Notes from the Baker
This Cinnamon Roll Cake with Cream Cheese Frosting is truly best enjoyed fresh on the day it’s baked, when the swirl is gooey, the crumb is tender, and the frosting melts perfectly., when the swirl is gooey, the crumb is tender, and the frosting melts perfectly. The texture is moist, the frosting melts perfectly, and every bite feels fresh. Over time, it tends to dry slightly, but reheating helps restore the softness. I love serving it warm straight from the pan, as it captures the cozy flavor of cinnamon rolls without all the work.

Other Recipes You May Enjoy
- Fall Pumpkin Spice Roll Cake
- The Best Cinnamon Rolls Ever
- Sweet Potato Casserole with Marshmallows
- Apple Cheesecake Bars – A Thanksgiving Favorite
Conclusion
This cinnamon roll cake with cream cheese frosting is the perfect Thanksgiving dessert when you want something cozy, festive, and stress-free. With simple ingredients and easy steps, it delivers all the joy of cinnamon rolls in half the time. Try it this season, and you’ll have a new family favorite.
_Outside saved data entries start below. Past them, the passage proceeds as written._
//! Trees of statements and events (IEEE 1364-2005, clause 9 and A.6).
//!
//! ```text
//! event = "*" | "(" "*" ")" | "(" ev {("or" | ",") ev} ")"
//! ev    = ["posedge" | "negedge"] NAME
//! stmt  = ";" | "begin" [":" NAME] {stmt} "end" | lval ("=" | "<=") expr ";"
//!       | "if" "(" expr ")" stmt ["else" stmt]
//!       | ("case" | "casez") "(" expr ")" {citem} "endcase"
//! citem = expr {"," expr} ":" stmt | "default" [":"] stmt
//! ```

use crate::token::VToken;
use crate::tree_expressions::{VExpr, VLval, VNextExpr};
use sqlite_items::{Boxed, Items};

/// `"*" | "(" "*" ")" | "(" ev {("or" | ",") ev} ")"`
#[derive(Drop)]
pub enum VEvent {
    Any(VToken),
    AnyInBrackets(VToken, VToken, VToken),
    Listed(VToken, VEv, Items<VNextEv>, VToken),
}

/// `["posedge" | "negedge"] NAME`
#[derive(Drop)]
pub struct VEv {
    pub edge: Option<VToken>,
    pub name: VToken,
}

/// `("or" | ",") ev`
#[derive(Drop)]
pub struct VNextEv {
    pub separator: VToken,
    pub event: VEv,
}

/// `":" NAME`
#[derive(Drop)]
pub struct VLabel {
    pub colon: VToken,
    pub name: VToken,
}

/// `"if" "(" expr ")"`
#[derive(Drop)]
pub struct VIfHead {
    pub word: VToken,
    pub open: VToken,
    pub test: Boxed<VExpr>,
    pub close: VToken,
}

/// `";" | "begin" [":" NAME] {stmt} "end" | lval ("=" | "<=") expr ";" | "if" "(" expr ")" stmt ["else" stmt] | ("case" | "casez") "(" expr ")" {citem} "endcase"`
#[cycle(stmt)]
#[derive(Drop)]
pub enum VStmt {
    Empty(VToken),
    Block(VToken, Option<VLabel>, Items<VStmt>, VToken),
    Assign(Boxed<VLval>, VToken, Boxed<VExpr>, VToken),
    If(Boxed<VIfHead>, Boxed<VStmt>, Option<VElse>),
    Case(VToken, VToken, Boxed<VExpr>, VToken, Items<VCitem>, VToken),
}

/// `"else" stmt`
#[cycle(stmt)]
#[derive(Drop)]
pub struct VElse {
    pub word: VToken,
    pub stmt: Boxed<VStmt>,
}

/// `expr {"," expr} ":" stmt | "default" [":"] stmt`
#[cycle(stmt)]
#[derive(Drop)]
pub enum VCitem {
    Labels(VExpr, Items<VNextExpr>, VToken, VStmt),
    Default(VToken, Option<VToken>, VStmt),
}
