//! The words of the grammar (IEEE 1364-2005, clause 3.7.2, "Keywords").

ghost use Rattle.std.specs.Prelude.{◌≡◌};
ghost use Rattle.vlog_tree.specs.Spelling.{is_quoted};

/// A word that the grammar quotes, which is no name.
#[tactic(auto, unfolding(crate::specs::Spelling::is_quoted))]
pub fn is_quoted(word: &[u8]) -> bool
    ensures { result ≡ is_quoted word.now }
{
    (word == b"module".as_slice())
        | (word == b"endmodule".as_slice())
        | (word == b"parameter".as_slice())
        | (word == b"localparam".as_slice())
        | (word == b"input".as_slice())
        | (word == b"output".as_slice())
        | (word == b"wire".as_slice())
        | (word == b"reg".as_slice())
        | (word == b"signed".as_slice())
        | (word == b"genvar".as_slice())
        | (word == b"assign".as_slice())
        | (word == b"always".as_slice())
        | (word == b"initial".as_slice())
        | (word == b"generate".as_slice())
        | (word == b"endgenerate".as_slice())
        | (word == b"for".as_slice())
        | (word == b"if".as_slice())
        | (word == b"else".as_slice())
        | (word == b"begin".as_slice())
        | (word == b"end".as_slice())
        | (word == b"or".as_slice())
        | (word == b"posedge".as_slice())
        | (word == b"negedge".as_slice())
        | (word == b"case".as_slice())
        | (word == b"casez".as_slice())
        | (word == b"endcase".as_slice())
        | (word == b"default".as_slice())
}
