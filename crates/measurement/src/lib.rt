// Lists of readings: many taken one after another, or the bands of a kind as a set.
//
// The first refusal in the order given is the one that is answered; a list of another length is refused before any of its
// readings is looked at. Each call equals its definition in `specs/` for every list.
#![tactic(auto)]

mod lists;

pub use lists::{Readings, take_all, take_list};
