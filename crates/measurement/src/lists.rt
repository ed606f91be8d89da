// Lists of readings, from the lowest band up: the first refusal in that order is the one given.
ghost use Rattle.std.specs.Prelude.{◌≡◌, ◌≤◌, ◌<◌};
ghost use Rattle.measurement.specs.Lists.{all_of, list_of, weight_of, head_of};

use intake::take_reading;
use quantity::{BandSet, Reading, Refusal, Tenths};

// Many readings: bit i of `marks` says that reading i is a limit value.
#[derive(Clone, Copy)]
pub struct Readings {
    pub values: [Tenths; 48],
    pub marks: u64,
}

// What a limit value adds to the marks at place i.
fn weight(limit: bool, i: usize) -> u64
    requires { i < 48 }
    ensures { result ≡ weight_of limit i }
{
    u64::from(limit) << i
}

// The first `count` readings, or the refusal of the first that is refused.
#[tactic(auto, using(crate::proofs::Runs::turns), unfolding(crate::specs::Lists::all_of))]
pub fn take_all(readings: [Reading; 48], count: usize) -> Result<Readings, Refusal>
    requires { count ≤ 48 }
    ensures { result ≡ all_of readings count }
{
    let mut values = [Tenths(0); 48];
    let mut marks = 0u64;
    for i in 0..count {
        let taken = take_reading(readings[i])?;
        values[i] = taken.value;
        marks += weight(taken.limit, i);
    }
    Ok(Readings { values, marks })
}

// The lowest sixteen of 48 values.
fn head(values: [Tenths; 48]) -> [Tenths; 16]
    ensures { result ≡ head_of values }
{
    let mut out = [Tenths(0); 16];
    out.copy_from_slice(&values[..16]);
    out
}

// The readings of a band list, `len` of them stated, for a kind of `bands` bands.
#[tactic(auto, using(crate::proofs::Runs::exits))]
pub fn take_list(readings: [Reading; 48], len: usize, bands: usize) -> Result<BandSet, Refusal>
    requires { bands ≤ 16 }
    ensures { result ≡ list_of readings len bands }
{
    if len != bands {
        return Err(Refusal::BandCount);
    }
    let all = take_all(readings, bands)?;
    Ok(BandSet {
        values: head(all.values),
        marks: all.marks as u16,
        len: bands,
    })
}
For more sweet holiday ideas, check out my Pinterest board for inspiration.

Cinnamon Roll Cake with Cream Cheese Frosting
Equipment
- 8×8-inch baking dish
- Mixing bowls
- Hand mixer or stand mixer
- Measuring cups and spoons
- Knife (for swirling)
Ingredients
- 1 ½ cups all-purpose or cake flour
- ½ cup granulated sugar
- 2 teaspoons baking powder
- ¼ teaspoon salt
- ¾ cup milk
- 1 large egg
- 1 teaspoon vanilla extract
- ¼ cup butter, melted
- ½ cup butter, softened (for swirl)
- ½ cup brown sugar
- 1 tablespoon flour (for swirl)
- 1 tablespoon ground cinnamon
- Butter (for frosting)
- Cream cheese
- Powdered sugar
- Vanilla extract
- Milk (as needed)
Instructions
- Preheat oven to 350°F. Grease an 8×8-inch baking dish.
- In a bowl, mix flour, sugar, baking powder, and salt. Add milk, egg, and vanilla. Stir until smooth. Fold in melted butter. Spread batter into prepared pan.
- In another bowl, mix softened butter, brown sugar, flour, and cinnamon. Drop spoonfuls over batter and swirl with a knife.
- Bake for 30–37 minutes, or until a toothpick inserted in the center comes out clean.
- For the frosting: Beat butter and cream cheese until smooth. Add powdered sugar, vanilla, and enough milk for a creamy consistency.
- Drizzle or spread frosting over warm cake before serving.